Records contained in a dataset >>
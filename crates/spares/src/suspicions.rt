//! What each brick suspects, and the members that it would replace.

ghost use Rattle.std.specs.Prelude.{◌≡◌, ◌+◌, ◌<◌, ◌≤◌, ◌↔◌, [], ◌∷◌, true, false, IsTrue, IsNone, IfOk, IfSome, length, map, replicate, vec_len};
ghost use Rattle.std.specs.List.{range_with_len};
ghost use Rattle.quorum.specs.Memberships.{stands_in};
ghost use Rattle.spares.specs.Suspicions.{HasBoth, is_spare, suspects, unsuspecting, with_opinion};
ghost use Rattle.spares.specs.Replacements.{AreBricks, IsReplacement, is_left, left_from, list_for, replaced, with_spares};

use fab_base::{BrickId, Members, NoMem, View};
use layout::Layout;
use std::alloc::Global;
use std::marker::Model;

/// The most bricks of a layout.
const MOST_BRICKS: usize = 64;

/// The most members of a view.
const MOST_MEMBERS: usize = 32;

/// The pool of a disk's spares, and what each of its bricks suspects.
#[derive(Drop)]
pub struct Spares {
    /// How many bricks the disk has.
    bricks: u16,
    /// By brick, whether it is of the pool.
    pool: Vec<bool>,
    /// By brick, which bricks it suspects.
    rows: Vec<[bool; MOST_BRICKS]>,
}

impl Model for Spares {
    ghost use Rattle.std.specs.Prelude.{◌≡◌, ◌≤◌, vec_len};
    ghost use Rattle.spares.specs.Suspicions.{Suspicions};

    ghost Value = { Suspicions };

    ghost view = { λ spares. record { bricks = spares.bricks; pool = spares.pool.items; rows = spares.rows.items } };

    ghost invariant = { λ spares. (spares.bricks ≤ 64) × (vec_len spares.rows ≡ spares.bricks) };
}

impl Spares {
    /// No brick suspects another, and the pool is the layout's.
    ///
    /// # Errors
    ///
    /// `NoMemory` where no memory was left.
    pub fn new(alloc: Global, layout: &Layout) -> Result<Spares, NoMem>
        ensures { IfOk result (λ made. made ≡ unsuspecting layout.now) }
    {
        let bricks = layout.bricks();
        let pool = flags_of(alloc, bricks, layout.spares())?;
        let rows = blank_rows(alloc, bricks)?;
        Ok(Spares { bricks, pool, rows })
    }

    /// A brick suspects another from now on. False, and nothing changes, where the disk lacks one of them.
    pub fn suspect(&mut self, by: BrickId, brick: BrickId) -> bool
        ensures both { IsTrue result ↔ HasBoth self.old by brick }
        ensures noted { IsTrue result → self.new ≡ with_opinion self.old by brick true }
        ensures idle { result ≡ false → self.new ≡ self.old }
    {
        self.note(by, brick, true)
    }

    /// A brick no longer suspects another. False, and nothing changes, where the disk lacks one of them.
    pub fn trust(&mut self, by: BrickId, brick: BrickId) -> bool
        ensures both { IsTrue result ↔ HasBoth self.old by brick }
        ensures noted { IsTrue result → self.new ≡ with_opinion self.old by brick false }
        ensures idle { result ≡ false → self.new ≡ self.old }
    {
        self.note(by, brick, false)
    }

    /// The members of a view, each that the brick suspects replaced, from seat 0 on, by the least brick of the pool that is left: that
    /// it does not suspect, that is no member, and that was not taken for an earlier seat. Where none is left, the others stay. None
    /// exactly where no seat changes.
    pub fn list(&self, by: BrickId, view: &View) -> Option<Members>
        ensures list { result ≡ list_for self.now by view.now.members }
        ensures none { IsNone result ↔ (replaced self.now by view.now.members ≡ view.now.members) }
        ensures sound { AreBricks self.now.bricks view.now.members
            → IfSome result (λ next. IsReplacement self.now by view.now.members next) }
    {
        self.proposal(by, view.members.as_slice())
    }

    /// The list that the brick proposes in place of these members, if a seat changes.
    fn proposal(&self, by: BrickId, members: &[BrickId]) -> Option<Members>
        requires { length members.now ≤ 32 }
        ensures { result ≡ list_for self.now by members.now }
    {
        let mut room = [BrickId(0); MOST_MEMBERS];
        let seats = &mut room[..members.len()];
        seats.copy_from_slice(members);
        self.replace(by, members, seats);
        if *seats == *members {
            return None;
        }
        Members::new(seats)
    }

    /// Notes whether a brick suspects another. False, and nothing changes, where the disk lacks one of them.
    fn note(&mut self, by: BrickId, brick: BrickId, suspected: bool) -> bool
        ensures both { IsTrue result ↔ HasBoth self.old by brick }
        ensures noted { IsTrue result → self.new ≡ with_opinion self.old by brick suspected }
        ensures idle { result ≡ false → self.new ≡ self.old }
    {
        if by.0 >= self.bricks || brick.0 >= self.bricks {
            return false;
        }
        let by = usize::from(by.0);
        let mut row = self.rows[by];
        row[usize::from(brick.0)] = suspected;
        self.rows[by] = row;
        true
    }

    /// Whether a brick is of the pool.
    fn is_spare(&self, brick: BrickId) -> bool
        ensures { result ≡ is_spare self.now brick }
    {
        self.pool
            .get(usize::from(brick.0))
            .copied()
            .unwrap_or(false)
    }

    /// Whether one brick suspects another.
    pub fn suspects(&self, by: BrickId, brick: BrickId) -> bool
        ensures { result ≡ suspects self.now by brick }
    {
        match self.rows.get(usize::from(by.0)) {
            None => false,
            Some(row) => row.get(usize::from(brick.0)).copied().unwrap_or(false),
        }
    }

    /// Whether a brick is left to replace one of these members.
    fn is_left(&self, by: BrickId, members: &[BrickId], brick: BrickId) -> bool
        ensures { result ≡ is_left self.now by members.now brick }
    {
        self.is_spare(brick) && !self.suspects(by, brick) && !stands_in(members, brick)
    }

    /// The least brick from this one on that is left to replace one of these members.
    fn next_left(&self, by: BrickId, members: &[BrickId], first: u16) -> Option<BrickId>
        ensures none { IsNone result → left_from self.now by members.now first ≡ [] }
        ensures least { IfSome result (λ spare. left_from self.now by members.now first
            ≡ spare ∷ left_from self.now by members.now (spare.0 + 1)) }
        ensures small { IfSome result (λ spare. spare.0 < 64) }
    {
        for brick in first..self.bricks {
            let spare = BrickId(brick);
            if self.is_left(by, members, spare) {
                return Some(spare);
            }
        }
        None
    }

    /// Replaces each suspected brick at these seats, from the first on, by the least that is left to replace one of the members.
    fn replace(&self, by: BrickId, members: &[BrickId], seats: &mut [BrickId])
        ensures { seats.new
            ≡ with_spares (suspects self.now by) (left_from self.now by members.now 0) seats.old }
    {
        let mut first = 0;
        for seat in seats.iter_mut() {
            if self.suspects(by, *seat) {
                let Some(spare) = self.next_left(by, members, first) else {
                    return;
                };
                *seat = spare;
                first = spare.0 + 1;
            }
        }
    }
}

/// Whether each brick of a disk of so many is one of these.
fn flags_of(alloc: Global, bricks: u16, spares: &[BrickId]) -> Result<Vec<bool>, NoMem>
    ensures { IfOk result (λ flags. flags.items
        ≡ map (λ brick. stands_in spares.now (record { 0 = brick })) (range_with_len 0 bricks)) }
{
    let flags = (0..bricks).map(|brick| stands_in(spares, BrickId(brick)));
    Ok(flags.collect(alloc)?)
}

/// Rows of bricks that suspect none.
fn blank_rows(alloc: Global, bricks: u16) -> Result<Vec<[bool; MOST_BRICKS]>, NoMem>
    ensures rows { IfOk result (λ rows. rows.items ≡ replicate bricks (replicate 64 false)) }
    ensures many { IfOk result (λ rows. vec_len rows ≡ bricks) }
{
    let mut rows = Vec::new(alloc);
    for _brick in 0..bricks {
        rows.push([false; MOST_BRICKS])?;
    }
    Ok(rows)
}

/// Whether a brick is one of these.
fn stands_in(bricks: &[BrickId], brick: BrickId) -> bool
    ensures { result ≡ stands_in bricks.now brick }
{
    bricks.iter().any(|other| brick.0 == other.0)
}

Task goal >>
Within the entries above, how many lines hold the string "them"? State the number with no other words.

Result >>
3